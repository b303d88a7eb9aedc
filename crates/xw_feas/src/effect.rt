//! What an edit changed.
use xw_grid::lights::Lights;

/// What the last edit of a position changed. `Notes` has the cells that it wrote and the lengths that it turned.
#[derive(Drop)]
pub enum Effect {
    /// Nothing that an answer depends on.
    Nothing,
    /// It wrote the cells of `Notes::written`.
    Cells,
    /// It wrote a list of cells. It changed this many: the first ones of `Notes::noted`.
    List(usize),
    /// It wrote the cells of `Notes::written`, and these were the lights before it.
    Shape(Lights),
    /// It added or struck a word, given by its length and its index.
    Word(usize, usize),
    /// It chose a least grade, which made words active or left them out in the lengths of `Notes::turned`. The grade may have
    /// made some active only if it is below the one before.
    Least(bool),
}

> **EXERCISE REQUIREMENTS**
Copy out the entries above exactly as given, starting at the top and ending with the line containing "pub enum Effect"; include both and nothing more.

> **ANSWER SECTION**
repository b303d88a7eb9aedc
filename crates/xw_feas/src/effect.rt
//! What an edit changed.
use xw_grid::lights::Lights;

/// What the last edit of a position changed. `Notes` has the cells that it wrote and the lengths that it turned.
#[derive(Drop)]
pub enum Effect {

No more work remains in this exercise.